● **WHAT THE TASK ASKS**
Write each line again exactly as it is, from the opening line of the records below through the one containing "behind a replica, if there is one.", and add nothing.

● **Stored items**
========

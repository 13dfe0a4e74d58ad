ghost use Rattle.std.specs.Prelude.{◌≡◌, ◌≤◌, IfSome, MatchOption, Some, None, false};
ghost use Rattle.hm_rules.specs.Chain as rules;

use hm_base::members::Members;

/// The member behind a replica, if there is one.
pub(crate) fn successor(members: &Members, me: u8) -> Option<u8>
    ensures value { result ≡ rules.next_in me members.now }
    ensures within { IfSome result (λ m. m ≤ 6) }
{
    for i in 0..members.len() {
        if members.get(i) == Some(me) {
            return members.get(i + 1);
        }
    }
    None
}

/// The member before a replica, if there is one.
pub(crate) fn predecessor(members: &Members, me: u8) -> Option<u8>
    ensures value { result ≡ rules.before_in me None members.now }
    ensures within { IfSome result (λ m. m ≤ 6) }
{
    let mut before = None;
    for i in 0..members.len() {
        let member = members.get(i);
        if member == Some(me) {
            return before;
        }
        before = member;
    }
    None
}

/// The replica, where it has this number.
pub(crate) fn numbered(replica: Option<u8>, number: u32) -> Option<u8>
    ensures { MatchOption result (rules.is_number replica number ≡ false) (λ m. (replica ≡ Some m) × (m ≡ number)) }
{
    match replica {
        Some(member) => {
            if u32::from(member) == number {
                Some(member)
            } else {
                None
            }
        }
        None => None,
    }
}
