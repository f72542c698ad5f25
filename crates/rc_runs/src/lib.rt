//! Runs, as definitions: worlds and their events, what is refused, the calls of disks, stored logs, and the text of a script. They stand
//! in `specs/`; the world and the programs cite them, and so do the laws.
#![tactic(auto)]

mod event;

pub use event::Event;
pub use rc_report::{Which, Wrong};
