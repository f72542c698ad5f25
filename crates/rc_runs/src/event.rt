// What may happen in a world.
use rc_ids::{DcId, Key, NodeId, TxId, Val};

/// One atomic action of one node or client.
#[derive(Drop)]
pub enum Event {
    /// A new client begins a transaction.
    Begin(TxId),
    /// A client asks for a key.
    Read(TxId, Key),
    /// A client buffers a write; a deletion writes the gone value.
    Write(TxId, Key, Val),
    /// A client commits.
    Commit(TxId),
    /// A client drops a read that is under way.
    Cancel(TxId, Key),
    /// A client sends again what it waits for.
    Retry(TxId),
    /// A client is gone from now on.
    Vanish(TxId),
    /// A datacentre's coordinator takes a transaction over.
    Take(DcId, TxId),
    /// A node catches up.
    Catch(NodeId),
    /// A message is delivered, named by its number.
    Deliver(u32),
    /// A pending message is lost.
    Lose(u32),
    /// A node stops between messages.
    Crash(NodeId),
    /// The power of a node's disk is to be cut at its k-th write or sync from now on; `pick` says what that leaves.
    CrashAt { node: NodeId, k: u32, pick: u8 },
    /// A stopped node starts from its log.
    Restart(NodeId),
}
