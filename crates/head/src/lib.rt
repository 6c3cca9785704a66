#![tactic(auto)]
// A payload up to its contents, and a field up to its contents.
ghost use Rattle.std.specs.Prelude.{◌≡◌, ◌≤◌, length};
ghost use Rattle.number.specs.VarUInt.{var_uint};
ghost use Rattle.front.specs.Between.{between};
ghost use Rattle.front.specs.Pieces.{span_at};
ghost use Rattle.head.specs.Code.{head_at, meet_at};
ghost use Rattle.head.specs.Pieces.{fixed_size, count_of, shared_fields_of, shared_items_of, shared_count_of, inside_of};

use faults::{Faults, Modes};
use format::{Class, Flaw, Form, Inner, Kind, Mark, Stop};
use leaves::Heading;

// A field up to its contents: its kind, the start of its name, and where its payload starts and ends; and of a container how the fields or
// items stand, how many items are counted, and where the contents begin (they end with the payload).
#[derive(Clone, Copy)]
pub enum Met {
    Leaf {
        kind: Kind,
        name: usize,
        start: usize,
        end: usize,
        faults: Faults,
    },
    Fields {
        kind: Kind,
        name: usize,
        start: usize,
        form: Form,
        begin: usize,
        end: usize,
        faults: Faults,
    },
    Items {
        kind: Kind,
        name: usize,
        start: usize,
        form: Form,
        count: u64,
        begin: usize,
        end: usize,
        faults: Faults,
    },
}

// How many bytes a payload has by its kind, whatever they are; 0 for the other kinds, and for 01, 0C and 0D.
pub fn fixed_size(kind: Kind) -> usize
    ensures { result ≡ fixed_size kind }
{
    match format::class_of(kind) {
        Class::Fixed(size) => size,
        _ => 0,
    }
}

// Behind a size, from begin to end: a shared byte, and a field behind it.
fn shared_fields(part: &[u8], begin: usize, end: usize, faults: Faults) -> Result<Heading, Stop>
    requires { (begin ≤ end) × (end ≤ length part.now) }
    ensures { result ≡ shared_fields_of faults begin end (between begin end part.now) }
{
    if begin == end {
        return Err(Stop::Early);
    }
    let kind = format::kind_at(Mark::SharedByFields, part[begin]).ok_or(Stop::Unknown)?;
    if end - begin < 2 {
        return Err(Stop::BadUniform);
    }
    Ok(Heading::Fields {
        form: Form::SharedField(kind),
        begin: begin + 1,
        end,
        faults,
    })
}

// Behind a size: a count.
fn items(
    part: &[u8],
    begin: usize,
    end: usize,
    modes: Modes,
    faults: Faults,
) -> Result<Heading, Stop>
    requires { (begin ≤ end) × (end ≤ length part.now) }
    ensures { result ≡ count_of modes faults begin end (var_uint (between begin end part.now)) }
{
    let count = number::read(&part[begin..end])?;
    Ok(Heading::Items {
        form: Form::Item,
        count: count.value,
        begin: begin + count.length,
        end,
        faults: faults::note(modes, faults, Flaw::Long, !count.minimal),
    })
}

// Behind a size and a count: a shared byte, at a position.
fn shared_byte(
    part: &[u8],
    count: u64,
    at: usize,
    end: usize,
    faults: Faults,
) -> Result<Heading, Stop>
    requires { (at ≤ end) × (end ≤ length part.now) }
    ensures { result ≡ shared_items_of faults count at end (between at end part.now) }
{
    if at == end {
        return Err(Stop::Early);
    }
    let kind = format::kind_at(Mark::SharedByItems, part[at]).ok_or(Stop::Unknown)?;
    if count < 1 {
        return Err(Stop::BadUniform);
    }
    if format::is_bare(kind) {
        return Err(Stop::BadUniform);
    }
    Ok(Heading::Items {
        form: Form::SharedItem(kind),
        count,
        begin: at + 1,
        end,
        faults,
    })
}

fn shared_items(
    part: &[u8],
    begin: usize,
    end: usize,
    modes: Modes,
    faults: Faults,
) -> Result<Heading, Stop>
    requires { (begin ≤ end) × (end ≤ length part.now) }
    ensures { result ≡ shared_count_of modes faults begin end (between begin end part.now) (var_uint (between begin end part.now)) }
{
    let count = number::read(&part[begin..end])?;
    shared_byte(
        part,
        count.value,
        begin + count.length,
        end,
        faults::note(modes, faults, Flaw::Long, !count.minimal),
    )
}

// A size, and what stands behind it.
#[tactic(auto, using(front::proofs::FrontReturns::span_order, front::proofs::FrontReturns::span_within))]
fn behind(part: &[u8], inner: Inner, modes: Modes, faults: Faults) -> Result<Heading, Stop>
    ensures { result ≡ inside_of inner modes part.now (span_at modes faults part.now) }
{
    let span = front::span_of(part, modes, faults)?;
    let begin = span.begin;
    let end = span.end;
    let met = span.faults;
    match inner {
        Inner::Bytes => Ok(Heading::Leaf { end, faults: met }),
        Inner::ById => leaves::custom_by_id(&part[begin..end], end, modes, met),
        Inner::ByName => leaves::custom_by_name(&part[begin..end], end, modes, met),
        Inner::Fields => Ok(Heading::Fields {
            form: Form::Field,
            begin,
            end,
            faults: met,
        }),
        Inner::SharedFields => shared_fields(part, begin, end, met),
        Inner::Items => items(part, begin, end, modes, met),
        Inner::SharedItems => shared_items(part, begin, end, modes, met),
    }
}

// A payload up to its contents. Only `meet_of` calls this, so that the compiler makes one piece of the two.
#[tactic(auto, using(crate::proofs::HeadReturns::head_laws))]
fn header_of(part: &[u8], kind: Kind, modes: Modes, faults: Faults) -> Result<Heading, Stop>
    ensures { result ≡ head_at kind modes faults part.now }
{
    match format::class_of(kind) {
        Class::Fixed(size) => leaves::fixed(part, size, faults),
        Class::Text => leaves::text_leaf(part, modes, faults),
        Class::Positive => leaves::positive(part, modes, faults),
        Class::Negative => leaves::negative(part, modes, faults),
        Class::Wide => leaves::float64(part, modes, faults),
        Class::Behind(inner) => behind(part, inner, modes, faults),
    }
}

// A field up to its contents, at the front of a part, beside the faults met before. (The whole part, taken anew, is handed on by its address
// and length, and not by where these are stored.)
#[tactic(auto, using(crate::proofs::MeetReturns::meet_front, crate::proofs::MeetReturns::meet_stop))]
pub fn meet_of(part: &[u8], form: Form, modes: Modes, faults: Faults) -> Result<Met, Stop>
    ensures { result ≡ meet_at form modes faults part.now }
{
    let front = front::front_of(&part[0..], form, modes, faults)?;
    let kind = front.kind;
    let name = front.name;
    let start = front.start;
    let heading = header_of(&part[start..], kind, modes, front.faults)?;
    match heading {
        Heading::Leaf { end, faults } => Ok(Met::Leaf {
            kind,
            name,
            start,
            end: start + end,
            faults,
        }),
        Heading::Fields {
            form,
            begin,
            end,
            faults,
        } => Ok(Met::Fields {
            kind,
            name,
            start,
            form,
            begin: start + begin,
            end: start + end,
            faults,
        }),
        Heading::Items {
            form,
            count,
            begin,
            end,
            faults,
        } => Ok(Met::Items {
            kind,
            name,
            start,
            form,
            count,
            begin: start + begin,
            end: start + end,
            faults,
        }),
    }
}

// A payload up to its contents, at the front of a part, beside the faults met before: an item of its kind is met.
#[tactic(auto, using(crate::proofs::ItemReturns::item_laws))]
pub fn head_of(part: &[u8], kind: Kind, modes: Modes, faults: Faults) -> Result<Heading, Stop>
    ensures { result ≡ head_at kind modes faults part.now }
{
    let met = meet_of(part, Form::SharedItem(kind), modes, faults)?;
    match met {
        Met::Leaf { end, faults, .. } => Ok(Heading::Leaf { end, faults }),
        Met::Fields {
            form,
            begin,
            end,
            faults,
            ..
        } => Ok(Heading::Fields {
            form,
            begin,
            end,
            faults,
        }),
        Met::Items {
            form,
            count,
            begin,
            end,
            faults,
            ..
        } => Ok(Heading::Items {
            form,
            count,
            begin,
            end,
            faults,
        }),
    }
}
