// Tests each field in its part.
pub(super) fn same_nine<
    P: Item,
    Q: Item,
    R: Item,
    S: Item,
    T: Item,
    U: Item,
    V: Item,
    W: Item,
    X: Item,
    A: SameAs<P>,
    B: SameAs<Q>,
    C: SameAs<R>,
    D: SameAs<S>,
    E: SameAs<T>,
    F: SameAs<U>,
    G: SameAs<V>,
    H: SameAs<W>,
    I: SameAs<X>,
>(
    first: &A,
    second: &B,
    third: &C,
    fourth: &D,
    fifth: &E,
    sixth: &F,
    seventh: &G,
    eighth: &H,
    ninth: &I,
    at: usize,
    p: &P,
    q: &Q,
    r: &R,
    s: &S,
    t: &T,
    u: &U,
    v: &V,
    w: &W,
    x: &X,
) -> bool
    requires sound { IsSound (nested A.format (B.format ∷ C.format ∷ D.format ∷ E.format ∷ F.format ∷ G.format ∷ H.format ∷ I.format ∷ [])) (both (A.content first.now) (both (B.content second.now) (both (C.content third.now) (both (D.content fourth.now) (both (E.content fifth.now) (both (F.content sixth.now) (both (G.content seventh.now) (both (H.content eighth.now) (I.content ninth.now))))))))) }
    requires in_range { at < length ((nested A.format (B.format ∷ C.format ∷ D.format ∷ E.format ∷ F.format ∷ G.format ∷ H.format ∷ I.format ∷ [])).rows (both (A.content first.now) (both (B.content second.now) (both (C.content third.now) (both (D.content fourth.now) (both (E.content fifth.now) (both (F.content sixth.now) (both (G.content seventh.now) (both (H.content eighth.now) (I.content ninth.now)))))))))) }
    requires valid_first { P.valid p.now }
    requires valid_second { Q.valid q.now }
    requires valid_third { R.valid r.now }
    requires valid_fourth { S.valid s.now }
    requires valid_fifth { T.valid t.now }
    requires valid_sixth { U.valid u.now }
    requires valid_seventh { V.valid v.now }
    requires valid_eighth { W.valid w.now }
    requires valid_ninth { X.valid x.now }
    ensures { (row : Row) → slice_get ((nested A.format (B.format ∷ C.format ∷ D.format ∷ E.format ∷ F.format ∷ G.format ∷ H.format ∷ I.format ∷ [])).rows (both (A.content first.now) (both (B.content second.now) (both (C.content third.now) (both (D.content fourth.now) (both (E.content fifth.now) (both (F.content sixth.now) (both (G.content seventh.now) (both (H.content eighth.now) (I.content ninth.now)))))))))) at ≡ Some row → result ≡ (nested A.format (B.format ∷ C.format ∷ D.format ∷ E.format ∷ F.format ∷ G.format ∷ H.format ∷ I.format ∷ [])).kin row (tuple (P.meaning p.now) (tuple (Q.meaning q.now) (tuple (R.meaning r.now) (tuple (S.meaning s.now) (tuple (T.meaning t.now) (tuple (U.meaning u.now) (tuple (V.meaning v.now) (tuple (W.meaning w.now) (X.meaning x.now))))))))) }
{
    first.same(at, p)
        && same_eight(
            second, third, fourth, fifth, sixth, seventh, eighth, ninth, at, q, r, s, t, u, v, w, x,
        )
}
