//! The call that writes a plan's text.
ghost use Rattle.std.specs.Prelude.{◌≡◌, ◌≤◌, map, length};
ghost use Rattle.layout.specs.Tree.{shape_of};
ghost use Rattle.plan.specs.Writes.{Renders};
ghost use Rattle.grammar.specs.Written.{written};

use super::plan::{NAMES, Plan};
use super::writer::{first_twice, leaf_length, write_tree};
use grammar::Refusal;
use text::Kind;

impl Plan {
    // How many bytes its text has: those of its leaves, one between neighbours, and three for each bracket.
    fn text_length<K: Kind>(&self, names: &[K]) -> usize
        requires { self.now.names ≤ length names.now }
        ensures { result ≡ length (written (shape_of self.now.tree) self.now.leaves.items (map K.text names.now)) }
    {
        let brackets = self.tree.item_count() - self.leaves.len();
        let mut length = 3 * brackets;
        // kept: of a chain's `sum` a proof knows the value and no bound, so whether the brackets can be added to it stays open
        for leaf in &self.leaves {
            length += leaf_length(*leaf, names) + 1;
        }
        length - 1
    }

    /// Writes the plan's text under the names handed over at the front of a buffer, and answers its length. It is refused where
    /// there are fewer than 128 names, where the buffer is shorter than the text, and where one of the plan's names stands
    /// twice; the buffer then stays as it was.
    pub fn write<K: Kind>(&self, names: &[K], buffer: &mut [u8]) -> Result<usize, Refusal>
        ensures { Renders (written (shape_of self.now.tree) self.now.leaves.items (map K.text names.now)) (map K.text names.now) self.now.names buffer.old buffer.new result }
    {
        if names.len() < NAMES {
            return Err(Refusal::Short(NAMES));
        }
        let length = self.text_length(names);
        if buffer.len() < length {
            return Err(Refusal::Short(length));
        }
        if let Some(n) = first_twice(names, self.names) {
            return Err(Refusal::Twice(n));
        }
        Ok(write_tree(&self.tree, &mut self.leaves.iter(), names, buffer))
    }
}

========

● **SOLUTION**
repository 13dfe0a4e74d58ad
ghost use Rattle.std.specs.Prelude.{◌≡◌, ◌≤◌, IfSome, MatchOption, Some, None, false};
ghost use Rattle.hm_rules.specs.Chain as rules;

use hm_base::members::Members;

/// The member behind a replica, if there is one.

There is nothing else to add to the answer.